Andalucía creará comisiones contra la trata de mujeres, que serán consideradas víctimas de violencia de género

PATRICIA RODRÍGUEZ PAGÉS 

Las víctimas de trata serán consideradas por primera vez víctimas de violencia de género.

Es el negocio ilegal que más dinero mueve en el mundo, sólo por detrás del tráfico de drogas. Cada vez que una mujer cae presa en las redes de trata, se violan todos sus derechos humanos. Sólo en 2012, el Instituto Andaluz de la Mujer (IAM) atendió a  5.148 mujeres prostituidas y víctimas del tráfico de personas con fines de explotación sexual en Andalucía. Esclavas sexuales del siglo XXI: uno de los delitos más comunes, en el que la mujer tratada se convierte, además, en víctima del propio proceso policial y judicial que se abre tras su rescate.

La magnitud del problema y la fuerza de los datos ha despertado conciencias y, por primera vez, estas mujeres serán consideradas víctimas. La Estrategia Nacional contra la Violencia de Género, aprobada hace unos días en el Consejo de Ministros, las incluye como tal, con el fin de que puedan beneficiarse de la red de apoyos y servicios creada en torno a la violencia de género, y porque la directiva europea por la que se establecen normas mínimas sobre los derechos, el apoyo y la protección de las víctimas de delitos, aprobada a finales de 2012, así se lo exige a los países miembros de la UE.

En este contexto, Andalucía trabaja ya en la creación de comisiones de trabajo en cada una de las provincias que aborden el problema desde todas las vertientes. La primera de estas comisiones “piloto” se creará en Málaga, pues es la provincia con más casos. Los primeros contactos se iniciarán en septiembre. A Málaga, le seguirá Sevilla y así hasta completar grupos de trabajo en las ocho provincias andaluzas.

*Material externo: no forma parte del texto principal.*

//! What the words of the command line ask for.
ghost use Rattle.std.specs.Prelude.{ℕ, [], ◌∷◌, MatchOption};
ghost use Rattle.set_program.specs.Command.{AskFor, AskForDocument, IsLineCount};
ghost use Rattle.set_program.specs.declared.command.Document.{Document};

use crate::arguments::Argument;
use set_document::read_number;

/// What a text is read as.
#[derive(Clone, Copy, Debug, PartialEq, Eq)]
pub enum Document {
    /// Named sets, without words.
    Sets,
    /// Address rules, with the word `rules`.
    Rules,
}

/// What a run is asked for.
#[derive(Clone, Copy, Debug, PartialEq, Eq)]
pub enum Command {
    /// The answer of the text that the source has, as a document of this kind.
    Answer(Document),
    /// The counts of the answer to the sample text of so many lines.
    Sample(usize),
}

// The number of lines that a word asks for: a decimal from 1 to 1000 without leading zeros.
fn line_count(word: &[u8]) -> Option<usize>
    ensures { MatchOption result ((lines : ℕ) → IsLineCount word.now lines → ⊥)
        (IsLineCount word.now) }
{
    let count = read_number(word)?;
    if 1 <= count && count <= 1000 {
        Some(count as usize)
    } else {
        None
    }
}

// The kind of document that a word alone asks for.
fn named_document(word: &[u8]) -> Option<Document>
    ensures { MatchOption result ((kind : Document) → AskForDocument (word.now ∷ []) kind → ⊥)
        (AskForDocument (word.now ∷ [])) }
{
    if word == b"rules".as_slice() {
        Some(Document::Rules)
    } else {
        None
    }
}

/// Returns what the words ask for: no word for the answer of named sets, `rules` alone for that of
/// address rules, `sample` and a decimal from 1 to 1000 for the counts of a sample. `None` where
/// they are anything else. O(n) for words of n bytes, takes no memory.
pub fn read_command(words: &[Argument]) -> Option<Command>
    ensures { AskFor words.now result }
{
    match words {
        [] => Some(Command::Answer(Document::Sets)),
        [name] => Some(Command::Answer(named_document(name.as_bytes())?)),
        [name, count] if name.as_bytes() == b"sample".as_slice() => {
            Some(Command::Sample(line_count(count.as_bytes())?))
        }
        _ => None,
    }
}
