//! The words of the command line.
ghost use Rattle.std.specs.Prelude.{◌≡◌, ℕ, List, IfOk, drop, map, string_bytes};
ghost use Rattle.std.specs.Vec.Iter.{into_iter_items};

use element_core::NoMemory;
use std::alloc::Global;
use std::env::Args;
use std::marker::Model;

/// A word of the command line: bytes, which needn't be text.
#[derive(Drop)]
pub struct Argument {
    bytes: Vec<u8>,
}

impl Model for Argument {
    ghost Value = { List ℕ };

    ghost view = { λ word. word.bytes.items };
}

impl Argument {
    /// The word of these bytes. Takes no memory.
    pub fn new(bytes: Vec<u8>) -> Self
        ensures { result ≡ bytes.items }
    {
        Argument { bytes }
    }

    /// The bytes of the word. Takes no memory.
    pub fn as_bytes(&self) -> &[u8]
        ensures { result.now ≡ self.now }
    {
        &self.bytes
    }
}

/// The words behind the program's name, which is the first of the arguments.
pub(crate) fn words_of(alloc: Global, args: Args) -> Result<Vec<Argument>, NoMemory>
    ensures { IfOk result (λ words.
        words.items ≡ map string_bytes (drop 1 (into_iter_items args))) }
{
    let words = args
        .skip(1)
        .map(|word| Argument::new(word.into_bytes()))
        .collect(alloc)?;
    Ok(words)
}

Estas comisiones estarán formadas por representantes de las Fuerzas y Cuerpos de Seguridad del Estado, del Instituto Andaluz de la Mujer, de las subdelegaciones del Gobierno, de la Unidad de Coordinación de Violencia de Género de la Delegación del Gobierno, de la Fiscalía de Extranjería y delTurno de Oficio especializado en trata del Colegio de Abogados de Sevilla, un servicio pionero en toda España puesto en marcha por elColegio de Abogados de Sevilla en 2010. Hoy su trabajo es referencia en todo el país, pese a que España es uno de los estados de la UE donde más mujeres son obligadas a ejercer la prostitución. Así lo señaló en abril el único informe que ha realizado el Eurostat sobre el tema: entre 2008 y 2010 más de 23.600 personas fueron esclavas sexuales en la UE, el 15% niños o niñas. España era el segundo país con más casos, sólo por detrás de Italia.

“Antes de la existencia del turno, las víctimas no tenían ni idea del proceso en el que estaban inmersas, qué plazos había, los interrogatorios, qué tipo de tribunal iba a intervenir, qué habían declarado las otras partes. El desconocimiento era inmenso”, explica Amparo Díaz, coordinadora de este servicio pionero y especializada en violencia de género desde hace más de dos décadas. Sin voz. Rotas. Las ONG dedicadas a la asistencia y apoyo de estas mujeres no podían acompañarlas al juicio, con lo que estas mujeres se veían inmersas en un proceso judicial muchas veces sin abogado, sin procurador, sin poder interactuar y con pocos derechos a que su voz como víctima se escuchara.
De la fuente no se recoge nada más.